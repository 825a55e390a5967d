//! How code goes on after an answer.

ghost use Rattle.std.specs.Prelude.{◌≡◌, ◌<◌, ◌++◌, ◌∷◌, [], ℕ, List, IfOk, IsOk, OnErr, true, option_copied, reverse, slice_get, take};
ghost use Rattle.std.specs.Vec.{vec_len, vec_capacity};
ghost use Rattle.std.specs.declared.result.Result.TheVariants.{Ok};
ghost use Rattle.fst_types.specs.declared.family.Family.{Family};
ghost use Rattle.fst_machine.specs.declared.code.Instr.TheVariants as does;
ghost use Rattle.fst_machine.specs.declared.request.Answer.TheVariants.{Go, Got, Sent};
ghost use Rattle.fst_machine.specs.Code.{Compiled, place_of};
ghost use Rattle.fst_machine.specs.Spots.{around, child_at, told, told_at};
ghost use Rattle.fst_value.specs.Stacks.{Makes};
ghost use Rattle.fst_vm.specs.Moves.{entry_below, forked_entry, given_for, matched, spare_for};
ghost use Rattle.fst_vm.specs.Tasks.{is_exchange};
ghost use Rattle.fst_vm.specs.Running.{code_of};

use crate::act::captured_count;
use crate::places::{entry_at, instr_at, leads_back, start_at};
use crate::running::{Caller, Running};
use crate::slots::{Slots, room_for, spread};
use crate::values::{brought, ends_of, last_end, pair, received};
use fst_machine::{Answer, Code, Instr, LambdaEntry};
use fst_types::{ChannelName, Event, Name};
use fst_value::{Form, Stack, Value, copy};
use std::alloc::{AllocError, Global};
use std::mem;

// Goes on with other variables in the code of a function or a global. The place behind it is kept among the calls, where there
// is room, unless it only leads back.
fn call(calls: &mut Vec<Caller>, slots: &mut Slots, leads_back: bool, behind: u64, own: Slots)
    requires { vec_len calls.old < vec_capacity calls.old }
    ensures calls { reverse calls.new.items ≡ around leads_back
        (record { place = behind; slots = slots.old }) (reverse calls.old.items) }
    ensures slots { slots.new ≡ own }
{
    let slots = mem::replace(slots, own);
    if !leads_back {
        calls.push_reserved(Caller {
            place: behind,
            slots,
        });
    }
}

// The entry of the function that the value before the last one is.
fn function_entry<'a>(code: &'a Code, stack: &Stack) -> Option<&'a LambdaEntry>
    ensures { (fs : List Family) → option_copied result ≡ entry_below
        (code_of fs code.now) stack.now }
{
    let value = stack.get(1)?;
    match value.form() {
        Form::Function(lambda) => entry_at(code, lambda),
        _ => None,
    }
}

// Goes on in the code of the function that the value before the last one is.
fn go_into_function(
    alloc: Global,
    code: &Code,
    behind: u64,
    running: &mut Running,
) -> Result<bool, AllocError>
    ensures { (fs : List Family) → Makes
        (λ s. told (code_of fs code.now) does.Call behind s s.operands Go) running.old result
        running.new }
{
    let entry = match function_entry(code, &running.stack) {
        Some(entry) => entry,
        None => return Ok(false),
    };
    let room = room_for(alloc, &entry.captured)?;
    running.calls.reserve(1)?;
    match running.stack.take_function(alloc)? {
        Some(captured) => {
            let own = spread(room, &entry.captured, captured);
            call(
                &mut running.calls,
                &mut running.slots,
                leads_back(code, behind),
                behind,
                own,
            );
            running.place = entry.start;
            Ok(true)
        }
        None => Ok(false),
    }
}

// Goes on in the code of a global.
fn go_into_global(
    alloc: Global,
    code: &Code,
    global: u32,
    behind: u64,
    running: &mut Running,
) -> Result<bool, AllocError>
    ensures { (fs : List Family) → Makes
        (λ s. told (code_of fs code.now) (does.Global global) behind s s.operands Go) running.old
        result running.new }
{
    match start_at(code, global) {
        Some(start) => {
            running.calls.reserve(1)?;
            call(
                &mut running.calls,
                &mut running.slots,
                leads_back(code, behind),
                behind,
                Slots::new(alloc),
            );
            running.place = start;
            Ok(true)
        }
        None => Ok(false),
    }
}

// Goes on with a value in place of the last `count` ones.
fn go_on_with(
    running: &mut Running,
    behind: u64,
    count: usize,
    value: Value,
) -> Result<bool, AllocError>
    ensures { Makes (given_for behind count value) running.old result running.new }
{
    if running.stack.len() < count {
        return Ok(false);
    }
    running.stack.replace(count, value)?;
    running.place = behind;
    Ok(true)
}

// The value was received, of which the end is left.
fn go_on_with_end(running: &mut Running, behind: u64) -> bool
    ensures { (c : Compiled) → Makes (λ s. told c does.Send behind s s.operands Sent) running.old
        (Ok result) running.new }
{
    if running.stack.len() < 2 || last_end(&running.stack).is_none() {
        return false;
    }
    running.stack.drop_second();
    running.place = behind;
    true
}

// The branch was selected on the end, which is left.
fn go_on_selected(running: &mut Running, behind: u64) -> bool
    ensures { (c : Compiled) (l : List ℕ) → Makes
        (λ s. told c (does.Select l) behind s s.operands Sent) running.old (Ok result) running.new }
{
    if last_end(&running.stack).is_none() {
        return false;
    }
    running.place = behind;
    true
}

// What was received goes into a pair with the end.
fn go_on_received(
    alloc: Global,
    behind: u64,
    event: &Event,
    running: &mut Running,
) -> Result<bool, AllocError>
    ensures { (c : Compiled) → Makes (λ s. told c does.Receive behind s s.operands (Got event.now))
        running.old result running.new }
{
    let end = match last_end(&running.stack) {
        Some(end) => copy(alloc, end)?,
        None => return Ok(false),
    };
    match received(alloc, event)? {
        Some(value) => {
            let both = pair(alloc, value, end)?;
            go_on_with(running, behind, 1, both)
        }
        None => Ok(false),
    }
}

// The channel was closed: the unit value stands in place of the end.
fn go_on_closed(alloc: Global, running: &mut Running, behind: u64) -> bool
    ensures { (c : Compiled) → Makes (λ s. told c does.Close behind s s.operands Sent) running.old
        (Ok result) running.new }
{
    if last_end(&running.stack).is_none() {
        return false;
    }
    running.stack.put_unit(alloc);
    running.place = behind;
    true
}

// So it is where the closing was waited for.
fn go_on_awaited(alloc: Global, behind: u64, event: &Event, running: &mut Running) -> bool
    ensures { (c : Compiled) → Makes (λ s. told c does.Wait behind s s.operands (Got event.now))
        running.old (Ok result) running.new }
{
    match event {
        Event::Closed => go_on_closed(alloc, running, behind),
        _ => false,
    }
}

// The place of a label in a table.
fn place_of(places: &[(Name, u64)], label: &Name) -> Option<u64>
    ensures { result ≡ place_of places.now label.now }
{
    for (name, place) in places {
        if name.as_slice() == label.as_slice() {
            return Some(*place);
        }
    }
    None
}

// Goes on at the place of the label that was received, with the end.
fn go_on_in_arm(places: &[(Name, u64)], event: &Event, running: &mut Running) -> bool
    ensures { Makes (λ s. matched places.now event.now s s.operands) running.old
        (Ok result) running.new }
{
    if last_end(&running.stack).is_none() {
        return false;
    }
    match event {
        Event::Label(label) => match place_of(places, label) {
            Some(place) => {
                running.place = place;
                true
            }
            None => false,
        },
        _ => false,
    }
}

// Goes on after an answer to what an instruction asks for that is followed by a place.
fn tell_instr(
    alloc: Global,
    code: &Code,
    instr: &Instr,
    behind: u64,
    answer: &Answer,
    running: &mut Running,
) -> Result<bool, AllocError>
    ensures { (fs : List Family) → Makes
        (λ s. told (code_of fs code.now) instr.now behind s s.operands answer.now) running.old
        result running.new }
{
    match (instr, answer) {
        (Instr::Call, Answer::Go) => go_into_function(alloc, code, behind, running),
        (Instr::Global(global), Answer::Go) => go_into_global(
            alloc, code, *global, behind, running,
        ),
        (Instr::New(_), Answer::Made(name)) => {
            go_on_with(running, behind, 0, ends_of(alloc, name)?)
        }
        (Instr::Fork(lambda), Answer::Forked) => {
            go_on_with(
                running,
                behind,
                captured_count(code, *lambda) as usize,
                Value::unit(alloc)?,
            )
        }
        (Instr::Send, Answer::Sent) => Ok(go_on_with_end(running, behind)),
        (Instr::Close, Answer::Sent) => Ok(go_on_closed(alloc, running, behind)),
        (Instr::Select(_), Answer::Sent) => Ok(go_on_selected(running, behind)),
        (Instr::Receive, Answer::Got(event)) => go_on_received(alloc, behind, event, running),
        (Instr::Wait, Answer::Got(event)) => Ok(go_on_awaited(alloc, behind, event, running)),
        (Instr::Match(places), Answer::Got(event)) => Ok(go_on_in_arm(places, event, running)),
        _ => Ok(false),
    }
}

// Goes on after an answer, and says whether the code asks for one of its kind and goes on after it. Where there is no room,
// nothing changes.
fn tell(
    alloc: Global,
    code: &Code,
    answer: &Answer,
    running: &mut Running,
) -> Result<bool, AllocError>
    ensures { (fs : List Family) → Makes
        (λ s. told_at (code_of fs code.now) s answer.now) running.old result running.new }
{
    match instr_at(code, running.place) {
        Some(instr) => tell_instr(alloc, code, instr, running.place - 1, answer, running),
        None => Ok(false),
    }
}

// Goes on after what was sent on the last value.
fn sent_instr(alloc: Global, instr: &Instr, behind: u64, running: &mut Running) -> bool
    ensures { (c : Compiled) → Makes (λ s. told c instr.now behind s s.operands Sent) running.old
        (Ok result) running.new }
{
    match instr {
        Instr::Send => go_on_with_end(running, behind),
        Instr::Close => go_on_closed(alloc, running, behind),
        Instr::Select(_) => go_on_selected(running, behind),
        _ => false,
    }
}

// What was received goes into the spare pair, in place of the end.
fn go_on_with_spare(running: &mut Running, behind: u64, event: &Event, spare: Option<Value>) -> bool
    requires { spare ≡ spare_for running.old.operands }
    ensures { (c : Compiled) → Makes (λ s. told c does.Receive behind s s.operands (Got event.now))
        running.old (Ok result) running.new }
{
    let mut both = match spare {
        Some(both) => both,
        None => return false,
    };
    let form = match brought(event) {
        Some(form) => form,
        None => return false,
    };
    both.set_first(form);
    match running.stack.replace(1, both) {
        Ok(()) => {}
        Err(_) => return false,
    }
    running.place = behind;
    true
}

// Goes on after what was received on the last value.
fn got_instr(
    alloc: Global,
    instr: &Instr,
    behind: u64,
    event: &Event,
    spare: Option<Value>,
    running: &mut Running,
) -> bool
    requires { spare ≡ spare_for running.old.operands }
    ensures { (c : Compiled) → Makes (λ s. told c instr.now behind s s.operands (Got event.now))
        running.old (Ok result) running.new }
{
    match instr {
        Instr::Receive => go_on_with_spare(running, behind, event, spare),
        Instr::Wait => go_on_awaited(alloc, behind, event, running),
        Instr::Match(places) => go_on_in_arm(places, event, running),
        _ => false,
    }
}

// Goes on after what was sent, and says whether the code sends.
fn tell_sent(alloc: Global, code: &Code, running: &mut Running) -> bool
    ensures { (fs : List Family) → Makes
        (λ s. told_at (code_of fs code.now) s Sent) running.old (Ok result) running.new }
{
    match instr_at(code, running.place) {
        Some(instr) => sent_instr(alloc, instr, running.place - 1, running),
        None => false,
    }
}

// Goes on after what was received, and says whether the code receives it.
fn tell_got(
    alloc: Global,
    code: &Code,
    event: &Event,
    spare: Option<Value>,
    running: &mut Running,
) -> bool
    requires { spare ≡ spare_for running.old.operands }
    ensures { (fs : List Family) → Makes
        (λ s. told_at (code_of fs code.now) s (Got event.now)) running.old (Ok result) running.new }
{
    match instr_at(code, running.place) {
        Some(instr) => got_instr(alloc, instr, running.place - 1, event, spare, running),
        None => false,
    }
}

/// Goes on after an answer, and says whether the code asks for one of its kind and goes on after it. With the spare pair no
/// memory is wanting after what was sent or received. Where there is no room, nothing changes.
pub(crate) fn tell_ready(
    alloc: Global,
    code: &Code,
    answer: &Answer,
    ready: bool,
    spare: &mut Option<Value>,
    running: &mut Running,
) -> Result<bool, AllocError>
    requires { ready ≡ true → spare.old ≡ spare_for running.old.operands }
    ensures goes { (fs : List Family) → Makes
        (λ s. told_at (code_of fs code.now) s answer.now) running.old result running.new }
    ensures sure { ready ≡ true → is_exchange answer.now ≡ true → IsOk result }
    ensures kept { OnErr result (spare.new ≡ spare.old) }
{
    if ready {
        match answer {
            Answer::Sent => return Ok(tell_sent(alloc, code, running)),
            Answer::Got(event) => return Ok(tell_got(alloc, code, event, spare.take(), running)),
            _ => {}
        }
    }
    tell(alloc, code, answer, running)
}

// Copies of the last values, in order.
fn last_values(alloc: Global, stack: &Stack, count: usize) -> Result<Vec<Value>, AllocError>
    ensures { IfOk result (λ values. values.items ≡ reverse (take count stack.now)) }
{
    let mut values = Vec::new(alloc);
    let mut i = count;
    while 0 < i {
        i -= 1;
        if let Some(value) = stack.get(i) {
            values.push(copy(alloc, value)?)?;
        }
    }
    Ok(values)
}

// The entry of the task that is made at a place.
fn forked_entry(code: &Code, place: u64) -> Option<&LambdaEntry>
    ensures { (fs : List Family) → option_copied result ≡ forked_entry (code_of fs code.now) place }
{
    match instr_at(code, place)? {
        Instr::Fork(lambda) => entry_at(code, *lambda),
        _ => None,
    }
}

/// Where the task begins that is forked, if a fork is asked for.
pub(crate) fn child_at(
    alloc: Global,
    code: &Code,
    running: &Running,
) -> Result<Option<Running>, AllocError>
    ensures { IfOk result (λ o. (fs : List Family) →
        o ≡ child_at (code_of fs code.now) running.now) }
{
    let entry = match forked_entry(code, running.place) {
        Some(entry) => entry,
        None => return Ok(None),
    };
    let count = entry.captured.len();
    if running.stack.len() < count {
        return Ok(None);
    }
    let values = last_values(alloc, &running.stack, count)?;
    let room = room_for(alloc, &entry.captured)?;
    let slots = spread(room, &entry.captured, values);
    Ok(Some(Running::at(alloc, entry.start, slots)))
}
+--
Work to be completed:
From the listing above, copy every line where the string "matched" is found.

Your response:
ghost use Rattle.fst_vm.specs.Moves.{entry_below, forked_entry, given_for, matched, spare_for};
    ensures { Makes (λ s. matched places.now event.now s s.operands) running.old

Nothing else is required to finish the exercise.